Task instructions ▸ Output, word for word, the span of lines that starts at the one containing "let left = with_journal(alloc, 0, &new, short.bytes(), 4)?;" and ends at the last line of the records.
[Opening Entries provided section]
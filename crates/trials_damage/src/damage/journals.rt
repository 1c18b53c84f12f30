// A gate that is set, over a journal that is installed, or that breaks the format.
use super::*;

// The journal of the last commit of the file behind the first lines, with these changes.
const BROKEN: &[(&str, &[Change])] = &[
    ("entries out of order", &[(At(4_096), 2), (At(5_128), 1)]),
    ("a page twice", &[(At(5_128), 1)]),
    ("page 0", &[(At(4_096), 0)]),
    ("a page at the store's end", &[(At(6_160), 4)]),
    ("a page behind the end of the file", &[(At(6_161), 1)]),
    ("a page of a number that none has", &[(At(6_164), 1)]),
    ("an entry more than the file has", &[(At(16), 4)]),
    ("a last entry that ends behind it", &[(At(8), 1)]),
    ("a journal behind it", &[(At(9), 29)]),
    ("a journal within the store's pages", &[(At(9), 12)]),
    ("a store that reaches into the journal", &[(At(20), 5)]),
    ("a store without its last page", &[(At(20), 3)]),
    ("a store without a page", &[(At(20), 0)]),
];

// While the gate is not set the same journal is nothing.
#[test]
fn a_broken_journal_is_refused(rt: HostRuntime) -> Result<(), Fail> {
    let alloc = rt.alloc();
    let short = short_file(alloc)?;
    for (what, changes) in BROKEN {
        let free = changed(alloc, short.bytes(), changes)?;
        expect_opened(&rt, alloc, what, &free, OF_SHORT)?;
        let set = changed(alloc, &free, &[(At(0), 1)])?;
        expect_refused(&rt, alloc, what, &set)?;
    }
    Ok(())
}

// Bytes of its images, the same bytes in their places, and how a run ends that installs it.
const CHANGED: &[(&str, &[Change], &[Change], Status, &[u8])] = &[
    ("the last commit", &[], &[], Status::Done, OF_SHORT),
    (
        "another day",
        &[(At(4_116), 1)],
        &[(Header(12), 1)],
        Status::Done,
        OF_SHORT,
    ),
    (
        "a live slot more",
        &[(At(4_168), 15)],
        &[(Header(64), 15)],
        Status::NotAStore,
        b"",
    ),
    (
        "a frecency that is one more",
        &[(At(6_232), 26)],
        &[(Slot(9, 64), 26)],
        Status::NotAStore,
        b"",
    ),
];

#[test]
fn a_changed_journal_is_installed(rt: HostRuntime) -> Result<(), Fail> {
    let alloc = rt.alloc();
    let short = short_file(alloc)?;
    for (what, images, pages, ends, said) in CHANGED {
        let free = changed(alloc, short.bytes(), images)?;
        let set = changed(alloc, &free, &[(At(0), 1)])?;
        let left = changed(alloc, &free, pages)?;
        expect_run(&rt, alloc, what, &set, *ends, said, &left)?;
    }
    Ok(())
}

// The bytes from one page of the file on, up to another.
fn between(file: &[u8], from: u8, to: u8) -> &[u8] {
    let (start, end) = (usize::from(from) * PAGE_SIZE, usize::from(to) * PAGE_SIZE);
    file.get(start..end).unwrap_or(&[])
}

// The pages of the store behind all lines.
const PAGES: u8 = 6;

// A gate, the pages of a store, and a journal that begins behind six pages and brings the first
// ones of another store.
fn with_journal(
    alloc: Global,
    gate: u8,
    store: &[u8],
    other: &[u8],
    pages: u8,
) -> Result<Vec<u8>, AllocError> {
    let entries = pages.saturating_sub(1);
    let mut bytes = Vec::from_slice(alloc, &[gate, 0, 0, 0, 0, 0, 0, 0])?;
    bytes.extend_from_slice(b"\0\x18\0\0\0\0\0\0")?;
    bytes.extend_from_slice(&[entries, 0, 0, 0, pages, 0, 0, 0])?;
    bytes.resize(PAGE_SIZE, 7)?;
    bytes.extend_from_slice(store)?;
    bytes.resize(usize::from(PAGES) * PAGE_SIZE, 7)?;
    for page in 1..pages {
        bytes.extend_from_slice(&[page, 0, 0, 0, 0, 0, 0, 0])?;
        bytes.extend_from_slice(between(other, page, page.saturating_add(1)))?;
    }
    Ok(bytes)
}

#[test]
fn a_journal_brings_a_longer_store(rt: HostRuntime) -> Result<(), Fail> {
    let alloc = rt.alloc();
    let (short, longer) = (short_file(alloc)?, longer_file(alloc)?);
    let old = between(short.bytes(), 1, 4);
    let new = between(longer.bytes(), 1, PAGES);
    let set = with_journal(alloc, 1, old, longer.bytes(), PAGES)?;
    let left = with_journal(alloc, 0, new, longer.bytes(), PAGES)?;
    let what = "a longer store";
    expect_run(&rt, alloc, what, &set, Status::Done, OF_MORE, &left)
}

#[test]
fn a_journal_brings_a_shorter_store(rt: HostRuntime) -> Result<(), Fail> {
    let alloc = rt.alloc();
    let (short, longer) = (short_file(alloc)?, longer_file(alloc)?);
    let old = between(longer.bytes(), 1, PAGES);
    let mut new = between(short.bytes(), 1, 4).to_vec(alloc)?;
    new.extend_from_slice(between(longer.bytes(), 4, PAGES))?;
    let set = with_journal(alloc, 1, old, short.bytes(), 4)?;
    let left = with_journal(alloc, 0, &new, short.bytes(), 4)?;
    let what = "a shorter store";
    expect_run(&rt, alloc, what, &set, Status::Done, OF_SHORT, &left)
}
[Closing Entries provided section]
Solution to this task ▸
    let left = with_journal(alloc, 0, &new, short.bytes(), 4)?;
    let what = "a shorter store";
    expect_run(&rt, alloc, what, &set, Status::Done, OF_SHORT, &left)
}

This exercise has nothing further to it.